> **PROBLEM REQUIREMENTS**
From the data that follows, report how many lines hold the string "StandsIn", giving only the number.

· · · · ·

impl<C: Cursor> Merge<C> {
    ghost use Rattle.merge_iter.specs.Landed.{Landed};
    ghost use Rattle.merge_iter.specs.Parts.{AreParts};
    ghost use Rattle.merge_iter.specs.Standing.{StandEach};
    ghost use Rattle.merge_iter.specs.Walking.{Gave, WentThrough};
    ghost use Rattle.merge_iter.specs.Views.{merged_of, heads_of, shown_by, StandsIn, WalksIn, back_of, faults_of, Keeps, DamageIn};

    /// Takes cursors in, wherever they stand, and stands at no place.
    pub fn new(inputs: Vec<C>) -> Merge<C>
        ensures stands { (es : List Entry) (part : ℕ → List Entry) (at : ℕ → Option ℕ)
            → AreParts es (length inputs.items) part
            → StandEach C.stands inputs.items part at
            → StandsIn C.Cursor (merged_of result) es None }
        ensures inputs { (merged_of result).inputs ≡ inputs.items }
        ensures nothing { shown_by C.Cursor (merged_of result) ≡ None }
        ensures refused { (merged_of result).refused ≡ None }
    {
        Merge {
            inputs,
            current: None,
            is_back: false,
            refused: None,
        }
    }

    /// Takes cursors in that stand where a seek of a key and number leaves them, and stands where its
    /// own seek of them would leave it. Where that refused on some of them, it has refused as the first
    /// of these did, and stands at no place. It moves none of them.
    pub fn at_places(inputs: Vec<C>) -> Merge<C>
        // what it gives
        ensures stands { (es : List Entry) (part : ℕ → List Entry) (key : List ℕ) (number : ℕ)
            → (merged_of result).refused ≡ None
            → AreParts es (length inputs.items) part
            → StandEach C.stands inputs.items part (λ k. place_from key number (part k))
            → StandsIn C.Cursor (merged_of result) es (place_from key number es) }
        ensures chosen { (merged_of result).refused ≡ None
            → IsChosen false (heads_of C.Cursor inputs.items) (merged_of result).current }
        // what it leaves
        ensures refused { (merged_of result).refused ≡ told.first_refusal C.Cursor inputs.items }
        ensures quiet { NoneRefused C.Cursor inputs.items → (merged_of result).refused ≡ None }
        ensures nothing { (e : ReadFault) → (merged_of result).refused ≡ Some e
            → shown_by C.Cursor (merged_of result) ≡ None }
        // what stays
        ensures inputs { (merged_of result).inputs ≡ inputs.items }
        ensures direction { (merged_of result).is_back ≡ false }
    {
        if let Some(fault) = first_refusal(&inputs) {
            return Merge {
                inputs,
                current: None,
                is_back: false,
                refused: Some(fault),
            };
        }
        let current = chosen(&inputs, false);
        Merge {
            inputs,
            current,
            is_back: false,
            refused: None,
        }
    }

    /// The place of the input whose entry `at` lends; None exactly at no place.
    pub fn source(&self) -> Option<usize>
        ensures current { result ≡ (merged_of self.now).current }
        ensures exact { (result ≡ None) ↔ (shown_by C.Cursor (merged_of self.now) ≡ None) }
        ensures inside { IfSome result (λ place. place < length (merged_of self.now).inputs) }
    {
        self.current
    }

    /// Gives the inputs back, in their order, wherever they stand. Where the merge only went on since its
    /// first entry, each can have gone over just what it gave.
    pub fn close(self) -> Vec<C>
        ensures inputs { result.items ≡ (merged_of self).inputs }
        ensures gave { (given : List (ℕ × Entry)) → WentThrough C.Cursor (merged_of self) given
            → Gave C.Cursor result.items given }
    {
        let Merge {
            inputs,
            current: _,
            is_back: _,
            refused: _,
        } = self;
        inputs
    }

    /// Takes the answer of moves of the inputs in, and after Ok the first of them in a direction as current.
    fn settle(&mut self, moved: Result<(), ReadFault>, is_back: bool) -> Result<(), ReadFault>
        requires { self.old.current ≡ None }
        ensures answer { result ≡ moved }
        ensures inputs { self.new.inputs ≡ self.old.inputs }
        ensures chosen { OnOk result
            (IsChosen is_back (map C.shows self.new.inputs.items) self.new.current) }
        ensures direction { OnOk result (self.new.is_back ≡ is_back) }
        ensures nothing { OnErr result (self.new.current ≡ None) }
        ensures refused { self.new.refused ≡ refusal result }
    {
        self.refused = moved.err();
        moved?;
        self.is_back = is_back;
        self.current = chosen(&self.inputs, is_back);
        Ok(())
    }

    /// Makes a step with one input, or with each, and takes the first of them in a direction as current.
    fn go(&mut self, only: Option<usize>, step: Step, is_back: bool) -> Result<(), ReadFault>
        requires { IfSome only (λ place. place < length self.old.inputs.items) }
        // what it gives
        ensures landed { Landed C.Cursor (Of (Moved C.Cursor step) only) is_back
            (merged_of self.old)
            (merged_of self.new) result }
        ensures chosen { OnOk result (HasChosen C.Cursor is_back (merged_of self.new)) }
        // what it leaves
        ensures nothing { OnErr result (shown_by C.Cursor (merged_of self.new) ≡ None) }
        ensures refused { self.new.refused ≡ refusal result }
        ensures told { Told C.Cursor only (merged_of self.old).inputs (merged_of self.new).inputs
            result }
        // when it fails
        ensures counts { CountsFaults (faults_of C.Cursor (merged_of self.old))
            (faults_of C.Cursor (merged_of self.new)) result }
        ensures damage { IfDamage result (DamageIn C.Cursor (merged_of self.new)) }
        // what stays
        ensures keeps { Keeps C.Cursor (merged_of self.old) (merged_of self.new) }
    {
        self.current = None;
        let moved = send(&mut self.inputs, only, step);
        self.settle(moved, is_back)
    }

    /// Goes one entry back, as the inputs do. Over devices that tell no bytes the inputs may then show
    /// an entry behind the current one where they turned.
    fn step_back(&mut self) -> Result<(), ReadFault>
        // what it gives
        ensures goes { (es : List Entry) (place : Option ℕ)
            → StandsIn C.Cursor (merged_of self.old) es place
            → LeadsTo (StandsIn C.Cursor (merged_of self.new) es) (previous_place place) result }
        ensures falls { (e f : Entry) → self.old.is_back ≡ true
            → shown_by C.Cursor (merged_of self.old) ≡ Some e
            → shown_by C.Cursor (merged_of self.new) ≡ Some f
            → entry_lt e f ≡ false }
        ensures fewer { (e : Entry) → shown_by C.Cursor (merged_of self.old) ≡ Some e
            → back_of C.Cursor (merged_of self.new) < back_of C.Cursor (merged_of self.old) }
        ensures stays { shown_by C.Cursor (merged_of self.old) ≡ None
            → IsOk result × (shown_by C.Cursor (merged_of self.new) ≡ None) }
        ensures chosen { (e : Entry) → shown_by C.Cursor (merged_of self.old) ≡ Some e
            → OnOk result (HasChosen C.Cursor true (merged_of self.new)) }
        // what it leaves
        ensures nothing { OnErr result (shown_by C.Cursor (merged_of self.new) ≡ None) }
        ensures refused { self.new.refused ≡ refusal result }
        ensures told { (e : Entry) → shown_by C.Cursor (merged_of self.old) ≡ Some e
            → Told C.Cursor (if not self.old.is_back then None else self.old.current)
            (merged_of self.old).inputs (merged_of self.new).inputs result }
        // when it fails
        ensures counts { CountsFaults (faults_of C.Cursor (merged_of self.old))
            (faults_of C.Cursor (merged_of self.new)) result }
        ensures damage { IfDamage result (DamageIn C.Cursor (merged_of self.new)) }
        // what stays
        ensures still { shown_by C.Cursor (merged_of self.old) ≡ None
            → (merged_of self.new).inputs ≡ (merged_of self.old).inputs }
        ensures keeps { Keeps C.Cursor (merged_of self.old) (merged_of self.new) }
    {
        let Some(place) = self.current else {
            self.refused = None;
            return Ok(());
        };
        let only = moved_input(place, !self.is_back);
        self.go(only, Step::Previous, true)
    }

    /// Whether it shows an entry that comes behind a key and number.
    fn is_behind(&self, key: &[u8], number: u64) -> bool
        ensures { result ≡ comes_behind key.now number (shown_by C.Cursor (merged_of self.now)) }
    {
        let Some(entry) = self.at() else {
            return false;
        };
        is_before(key, number, entry.key, entry.number)
    }

    /// Goes back while it shows an entry that comes behind a key and number.
    fn fall_to(&mut self, key: &[u8], number: u64) -> Result<(), ReadFault>
        requires { self.old.refused ≡ None }
        // what it gives
        ensures falls { comes_behind key.now number (shown_by C.Cursor (merged_of self.new))
            ≡ false }
        ensures fewer { back_of C.Cursor (merged_of self.new)
            ≤ back_of C.Cursor (merged_of self.old) }
        ensures chosen { HasChosen C.Cursor true (merged_of self.old)
            → OnOk result (HasChosen C.Cursor true (merged_of self.new)) }
        // what it leaves
        ensures nothing { OnErr result (shown_by C.Cursor (merged_of self.new) ≡ None) }
        ensures refused { self.new.refused ≡ refusal result }
        ensures told { NoneRefused C.Cursor (merged_of self.old).inputs
            → Told C.Cursor None (merged_of self.old).inputs (merged_of self.new).inputs result }
        // when it fails
        ensures counts { CountsFaults (faults_of C.Cursor (merged_of self.old))
            (faults_of C.Cursor (merged_of self.new)) result }
        ensures damage { IfDamage result (DamageIn C.Cursor (merged_of self.new)) }
        // what stays
        ensures stays { comes_behind key.now number (shown_by C.Cursor (merged_of self.old)) ≡ false
            → IsOk result × (merged_of self.new ≡ merged_of self.old) }
        ensures keeps { Keeps C.Cursor (merged_of self.old) (merged_of self.new) }
    {
        while self.is_behind(key, number) {
            self.step_back()?;
        }
        Ok(())
    }
}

· · · · ·

> **RESULT OF THE TASK**
5